# I'll See You In My Dreams - Blu-ray Review



## Mike Edwards (Mar 10, 2011)

[img]http://www.hometheatershack.com/gallery/file.php?n=52578[/img] 
*Title: I'll See You In My Dreams* 

*Movie:* :4stars:
*Video:* :4stars:
*Audio:* :4stars:
*Extras:* :1star: 

*HTS Overall Score:*74






[img]http://www.hometheatershack.com/gallery/file.php?n=52586[/img]*Summary*
Have you ever heard the term “coming of age”? I’m sure you have, as it’s been a staple in life as well as film for as long as anyone can remember. Those turbulent times when a child becomes an adult, or at least embarks upon a more serious journey towards that end. However, coming of age can come much later in life as well, as “I’ll See You In My Dreams” so poignantly points out. You don’t have to be a child to reinvent your life, to find meaning in life, as you look at what comes before you. Sometimes your fast approaching mortality can seem comforting, as you’ve traversed much throughout this life, and see so much behind you, and so little in front of you. Director Brett Haley tells the tale of Carol Peterson, a woman who is coming into her own rebirth after living a full life, but feeling useless and worn out after so much living. 

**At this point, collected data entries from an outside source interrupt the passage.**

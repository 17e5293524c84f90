// The clock: how far a step of wall time goes at a playback speed (SCOPE 13.2, 13.3).
#![tactic(auto)]

ghost use Rattle.std.specs.Prelude.{◌≡◌, true, min, ◌<◌, length};
ghost use Rattle.ground.specs.Limits.{most_duration};
ghost use Rattle.player_clock.specs.Clock.{table_rule, factor_of, rest_rule, stepped_by, stepped};

// 65,536 times 2 to the power p/64, rounded, for each playback speed p from -128 to 127 (SCOPE 13.2). `factors.py`, in this crate, prints the table.
const FACTORS: [u32; 256] = [
    16384, 16562, 16743, 16925, 17109, 17296, 17484, 17674, 17867, 18061, 18258, 18457, 18658,
    18861, 19066, 19274, 19484, 19696, 19911, 20127, 20347, 20568, 20792, 21019, 21247, 21479,
    21713, 21949, 22188, 22430, 22674, 22921, 23170, 23423, 23678, 23936, 24196, 24460, 24726,
    24995, 25268, 25543, 25821, 26102, 26386, 26674, 26964, 27258, 27554, 27855, 28158, 28464,
    28774, 29088, 29405, 29725, 30048, 30376, 30706, 31041, 31379, 31720, 32066, 32415, 32768,
    33125, 33486, 33850, 34219, 34591, 34968, 35349, 35734, 36123, 36516, 36914, 37316, 37722,
    38133, 38548, 38968, 39392, 39821, 40255, 40693, 41136, 41584, 42037, 42495, 42958, 43425,
    43898, 44376, 44859, 45348, 45842, 46341, 46846, 47356, 47871, 48393, 48920, 49452, 49991,
    50535, 51085, 51642, 52204, 52773, 53347, 53928, 54515, 55109, 55709, 56316, 56929, 57549,
    58176, 58809, 59449, 60097, 60751, 61413, 62081, 62757, 63441, 64132, 64830, 65536, 66250,
    66971, 67700, 68438, 69183, 69936, 70698, 71468, 72246, 73032, 73828, 74632, 75444, 76266,
    77096, 77936, 78785, 79642, 80510, 81386, 82273, 83169, 84074, 84990, 85915, 86851, 87796,
    88752, 89719, 90696, 91684, 92682, 93691, 94711, 95743, 96785, 97839, 98905, 99982, 101070,
    102171, 103283, 104408, 105545, 106694, 107856, 109031, 110218, 111418, 112631, 113858, 115098,
    116351, 117618, 118899, 120194, 121502, 122825, 124163, 125515, 126882, 128263, 129660, 131072,
    132499, 133942, 135401, 136875, 138366, 139872, 141395, 142935, 144491, 146065, 147655, 149263,
    150889, 152532, 154193, 155872, 157569, 159285, 161019, 162773, 164545, 166337, 168148, 169979,
    171830, 173701, 175593, 177505, 179438, 181392, 183367, 185364, 187382, 189423, 191485, 193571,
    195678, 197809, 199963, 202141, 204342, 206567, 208816, 211090, 213389, 215712, 218061, 220436,
    222836, 225263, 227716, 230195, 232702, 235236, 237798, 240387, 243005, 245651, 248326, 251030,
    253763, 256527, 259320,
];

// A hundredth of a second is so many parts.
const PARTS: u64 = 65536;

// How many hundredths a step goes on, and the parts that are left over for the next one.
#[derive(Clone, Copy)]
pub struct Stepped {
    pub whole: u32,
    pub rest: u32,
}

// The entry of a table of factors at a place.
fn entry(table: &[u32; 256], place: usize) -> u32
    requires table_value { table_rule table.now ≡ true }
    requires place_in_bounds { place < length table.now }
    requires place_bound { place < 256 }
    ensures { result ≡ factor_of place }
{
    table[place]
}

// The factor of the speed p, which is at the place p + 128 of the table.
#[tactic(auto, unfolding(crate::specs::Clock::factors_from, crate::specs::Clock::table_rule))]
fn factor(place: usize) -> u32
    requires { place < 256 }
    ensures { result ≡ factor_of place }
{
    let table = FACTORS;
    entry(&table, place)
}

// More than 8,640,000 counts as 8,640,000 (SCOPE 13.3).
fn at_most_a_day(whole: u64) -> u32
    ensures { result ≡ min whole most_duration }
{
    if (ground::MOST_DURATION as u64) < whole {
        return ground::MOST_DURATION;
    }
    whole as u32
}

// The sum fits in 64 bits, whatever the three are.
#[tactic(auto, using(crate::proofs::Steps::product_fits, crate::proofs::Steps::sum_fits))]
fn step_by(factor: u32, rest: u32, d: u32) -> Stepped
    ensures { result ≡ stepped_by factor rest d }
{
    let sum = (rest as u64) + (d as u64) * (factor as u64);
    let whole = at_most_a_day(sum / PARTS);
    let kept = (sum % PARTS) as u32;
    Stepped {
        whole: whole,
        rest: kept,
    }
}

// A step of d hundredths of wall time, on from a rest, at a playback speed: an octet in two's complement.
#[tactic(auto, unfolding(crate::specs::Clock::stepped))]
pub fn step(rest: u32, d: u32, speed: u8) -> Stepped
    ensures { result ≡ stepped rest d speed }
{
    let place = ((speed as usize) + 128) % 256;
    let e = factor(place);
    step_by(e, rest, d)
}

// Whether a rest is one that a step may leave (SCOPE 8.6).
pub fn rest_right(rest: u32) -> bool
    ensures { result ≡ rest_rule rest }
{
    (rest as u64) < PARTS
}
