// Start.
pub fn mcs_start(
    groups: &[u32],
    tracks: &[u32],
    segments: &[u32],
    text: &[u8],
    renames: &[u32],
    office: &[u8],
    name0: &[u8],
    mask0: u32,
    ccid0: u8,
    name1: &[u8],
    mask1: u32,
    ccid1: u8,
    state: &mut [u8; 649],
    track: &mut [u32; 1],
    octet: &mut [u32; 1],
) -> u32
    ensures { Ends (start_call (lending groups.now tracks.now segments.now text.now renames.now office.now) (record { name = name0.now; mask = mask0; ccid = ccid0 }) (record { name = name1.now; mask = mask1; ccid = ccid1 })) state.old track.old octet.old result state.new track.new octet.new }
{
    let loan = Loan {
        groups,
        tracks,
        segments,
        text,
        renames,
        office,
    };
    let o = desk_console::start(&loan, name0, mask0, ccid0, name1, mask1, ccid1, state);
    mcs_told::finish(o, track, octet)
}

// Set name.
pub fn mcs_set_name<'a>(
    groups: &[u32],
    tracks: &[u32],
    segments: &[u32],
    text: &'a [u8],
    renames: &[u32],
    office: &'a [u8],
    state: &mut [u8; 649],
    service: u32,
    name: &[u8],
    track: &mut [u32; 1],
    octet: &mut [u32; 1],
) -> u32
    ensures { Ends (name_call (lending groups.now tracks.now segments.now text.now renames.now office.now) (desk_of state.old) service name.now) state.old track.old octet.old result state.new track.new octet.new }
{
    let loan = Loan {
        groups,
        tracks,
        segments,
        text,
        renames,
        office,
    };
    let o = desk_console::set_name(&loan, state, service, name);
    mcs_told::finish(o, track, octet)
}
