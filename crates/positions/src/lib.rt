// Positions. A position is carried as its distance above -1,000,000, so that no signed number is made: 32 bits of two's complement come
// in and go out as a u32.
#![tactic(auto)]

ghost use Rattle.std.specs.Prelude.{◌≡◌};
ghost use Rattle.std.specs.Int.{w32};
ghost use Rattle.std.proofs.Common.{to_z, of_z};
ghost use Rattle.paper.specs.Limits.{limit_bytes};
ghost use Rattle.paper.specs.Numbers.{position, distance, position_at, moved};
ghost use Rattle.positions.specs.Runs.{Holds};
ghost use Rattle.positions.specs.Moves.{Near, lower};

use cell::bytes::half;
use paper::REACH;

// The bits at which signed numbers turn negative, and those of the lowest position.
const TURNING: u32 = 2147483648;

const LOWEST: u32 = 4293967296;

// A distance that is no position's.
const NOWHERE: u32 = 4294967295;

// The distance m lower than d.
fn lowered(d: u32, m: u32) -> u32
    ensures { result ≡ lower d m }
{
    if d < m {
        return NOWHERE;
    }
    d - m
}

// The position at distance d moved by the signed amount whose bits are n.
pub fn moved_by(d: u32, n: u32) -> u32
    requires { Near d }
    ensures { result ≡ moved d (to_z w32 n) }
{
    if n < TURNING {
        return d + n;
    }
    lowered(d, NOWHERE - n + 1)
}

// The distance of the signed number whose bits are n: 0 moved by it.
pub fn distance_of(n: u32) -> u32
    ensures { result ≡ distance (to_z w32 n) }
{
    moved_by(REACH, n)
}

// The position at byte `at`.
pub fn position_at(s: &[u8], at: usize) -> u32
    requires { Holds at limit_bytes s.now }
    ensures { result ≡ position_at at s.now }
{
    distance_of(half(s, at))
}

// The bits of the position at distance d.
pub fn bits_of(d: u32) -> u32
    ensures { result ≡ of_z w32 (position d) }
{
    if d < REACH {
        return d + LOWEST;
    }
    d - REACH
}
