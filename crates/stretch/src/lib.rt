// A glued array read without being built: the stretch from a cell up to where the other side begins is a part of the left or of the
// right cell buffer. The version told is judged, then each side, then what gluing asks, then the ordinality; cells aren't.
#![tactic(auto)]

ghost use Rattle.std.specs.Prelude.{◌*◌, ◌≤◌, ◌≡◌, length, Ok};
ghost use Rattle.paper.specs.Limits.{most_cells, cell_bytes, sizes_of};
ghost use Rattle.paper.specs.Stretch.{Side, stretch_in, stretch as paper_stretch, handed_out};
ghost use Rattle.paper.specs.Answers.{axes_of};
ghost use Rattle.extent.specs.Judged.{Small};
ghost use Rattle.origin.specs.Asks.{InTurns};
ghost use Rattle.stretch.specs.Sides.{sided, SideJudged, GlueJudged};
ghost use Rattle.stretch.specs.Turns.{turn_part, InBuffer};
ghost use Rattle.stretch.specs.Plans.{StretchFound};
ghost use Rattle.stretch.specs.Handed.{Handed};

use extent::{good_extent, rank_of};
use form::form_cells;
use origin::{Origin, block_of, in_turns};
use paper::{
    AXES, AxisIndex, CELL_BYTES, Extent, Move, Name, Operation, Ordinality, Part, Refusal, Version,
};
use refusals::{in_range, refuse, refuse_at};
use shape::glued_along;
use step::agreeing::difference;
use versions::version_told;

// ---- tests, each group by its first refusal

// A side: 1 for its type or axis count, 2 for a name that is too long or its extent, 1 for a buffer that has not 9 bytes a cell.
fn side_judged(
    v: Version,
    kind: u8,
    names: [Name; AXES],
    e: Extent,
    bytes: usize,
    place: u32,
) -> Result<(), Refusal>
    ensures { SideJudged (sizes_of v) kind names e bytes place result }
{
    let n = form_cells(v, kind, names, e, place)?;
    if bytes != n * CELL_BYTES {
        return Err(refuse(1, place));
    }
    Ok(())
}

// What gluing asks of two sides: 5, 7, 8, 9.
fn glue_judged(
    left_kind: u8,
    left_names: [Name; AXES],
    left: Extent,
    right_kind: u8,
    right_names: [Name; AXES],
    right: Extent,
    axis: AxisIndex,
) -> Result<(), Refusal>
    requires small { Small (axes_of left) }
    requires small_2 { Small (axes_of right) }
    ensures { GlueJudged left_kind left_names left right_kind right_names right axis.0 result }
{
    if !in_range(axis.0 as usize, rank_of(left)) {
        return Err(refuse(5, 0));
    }
    if left_kind != right_kind {
        return Err(refuse(7, 0));
    }
    let glue = Operation::Moves(Move::Glue);
    let d = difference(glue, axis, left_names, left, right_names, right);
    if d != 0 {
        return Err(refuse_at(8, 0, d));
    }
    if good_extent(left_names, glued_along(left, right, axis)).is_none() {
        return Err(refuse(9, 0));
    }
    Ok(())
}

// ---- the stretch

// The byte of a side's buffer at which cell i, counted from 0, begins.
fn byte_of(i: usize) -> u32
    requires { i ≤ 2 * most_cells }
    ensures { result ≡ i * cell_bytes }
{
    (i * CELL_BYTES) as u32
}

// m cells of the left and n of the right in turn: the bytes from cell j, counted from 0, to the end of its side's turn.
fn in_turn(m: usize, n: usize, j: usize) -> Part
    requires in_turns { InTurns m n j }
    requires le_n { 1 ≤ n }
    ensures { result ≡ turn_part m n j }
{
    let cell = in_turns(m, n, j);
    match cell {
        Origin::FromA(i) => return Part::Left(byte_of(i), byte_of(i - i % m + m)),
        Origin::FromB(i) => return Part::Right(byte_of(i), byte_of(i - i % n + n)),
        Origin::Nowhere => return Part::Left(0, 0),
    }
}

// Where the stretch of two sides lies in a version, by the bytes of its side's cell buffer; or the first refusal.
pub fn plan_as(
    v: Version,
    left_kind: u8,
    left_names: [Name; AXES],
    left: Extent,
    left_bytes: usize,
    right_kind: u8,
    right_names: [Name; AXES],
    right: Extent,
    right_bytes: usize,
    axis: AxisIndex,
    o: Ordinality,
) -> Result<Part, Refusal>
    ensures { StretchFound (stretch_in (sizes_of v)) left_kind left_names left left_bytes
        right_kind right_names right right_bytes axis.0 o.0 result }
{
    side_judged(v, left_kind, left_names, left, left_bytes, 1)?;
    side_judged(v, right_kind, right_names, right, right_bytes, 2)?;
    glue_judged(
        left_kind,
        left_names,
        left,
        right_kind,
        right_names,
        right,
        axis,
    )?;
    if !in_range(o.0 as usize, (left_bytes + right_bytes) / CELL_BYTES) {
        return Err(refuse(6, 0));
    }
    let m = block_of(left, axis);
    let n = block_of(right, axis);
    Ok(in_turn(m, n, o.0 as usize - 1))
}

// So in the version that a number tells of: another than 1 and 2 is refused before all else.
pub fn plan_stretch(
    version: u32,
    left_kind: u8,
    left_names: [Name; AXES],
    left: Extent,
    left_bytes: usize,
    right_kind: u8,
    right_names: [Name; AXES],
    right: Extent,
    right_bytes: usize,
    axis: AxisIndex,
    o: Ordinality,
) -> Result<Part, Refusal>
    ensures { StretchFound (paper_stretch version) left_kind left_names left left_bytes
        right_kind right_names right right_bytes axis.0 o.0 result }
{
    let v = version_told(version)?;
    plan_as(
        v,
        left_kind,
        left_names,
        left,
        left_bytes,
        right_kind,
        right_names,
        right,
        right_bytes,
        axis,
        o,
    )
}

// ---- handed out

// The bytes of a part, of the buffer that owns it.
fn part_of<'a>(left: &'a [u8], right: &'a [u8], p: Part) -> &'a [u8]
    requires { InBuffer (length left.now) (length right.now) p }
    ensures { (L R : Side) → L.bytes ≡ left.now → R.bytes ≡ right.now → result.now ≡ handed_out L R (Ok p) }
{
    match p {
        Part::Left(from, to) => {
            let start = from as usize;
            let end = to as usize;
            &left[start..end]
        }
        Part::Right(from, to) => {
            let start = from as usize;
            let end = to as usize;
            &right[start..end]
        }
    }
}

// The stretch itself, and in `said` the refusal's number, place and ordinality: number 0 stands for none. With a refusal it is empty.
pub fn stretch<'a, 'b>(
    version: u32,
    left_kind: u8,
    left_names: [Name; AXES],
    left: Extent,
    left_cells: &'a [u8],
    right_kind: u8,
    right_names: [Name; AXES],
    right: Extent,
    right_cells: &'a [u8],
    axis: AxisIndex,
    o: Ordinality,
    said: &'b mut [u32; 3],
) -> &'a [u8]
    ensures { Handed version (sided left_kind left_names left left_cells.now)
        (sided right_kind right_names right right_cells.now)
        axis.0 o.0 result.now said.new }
{
    *said = [0u32, 0u32, 0u32];
    match plan_stretch(
        version,
        left_kind,
        left_names,
        left,
        left_cells.len(),
        right_kind,
        right_names,
        right,
        right_cells.len(),
        axis,
        o,
    ) {
        Ok(p) => part_of(left_cells, right_cells, p),
        Err(refusal) => {
            *said = [refusal.number as u32, refusal.place, refusal.ordinality];
            &left_cells[0..0]
        }
    }
}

Carol Peterson (the beautiful Blythe Danner) has been widowed for 20 years, having lost her husband in a plane crash in 1994. She’s raised a daughter (Malin Akerman) along, and now she’s lost the only surviving piece of her old life, her dog Hazel. One would think that deep loneliness and sadness would be the most common reaction, but her own lack of sadness disturbs even Carol. She has her friends (Georgina, Sally and Rona), but there just doesn’t seem to be much zest in her dealings with them anymore. She goes through the motions, but the heart just isn’t there. Realizing that something is missing from her life, Carol begins an unintended reimagining of her life. 

Forming a friendship with the local pool boy Lloyd (Martin Starr), she gains a little bit of her old life back. Going out on platonic dates to the local karaoke bar, the two gain some much needed comfort and perspective from the other. Lloyd is frustrated and young, thinking there is nothing ahead of him in life due to the limited experience that he has had so far. Trying to live in the now, he can’t seem to find any happiness, except in the friendship with Carol. Carol, on the other hand, has lived a LOT, seen a lot, and just can’t seem to reconcile the fact that there is anything left in life for her to enjoy. Meeting her polar opposite in the form of Bill (Sam Elliot), a retiree with a lust for life, Carol soon finds out that there is so much more in life, even with the limited time span she has left. Bill is vivacious, full of life and has no desire to waste what time he has left on this earth. Forming a whirlwind romance with Carol, he teaches the retired school teacher/singer that it’s not the amount of time you have left that counts, it’s all about what you make of that time.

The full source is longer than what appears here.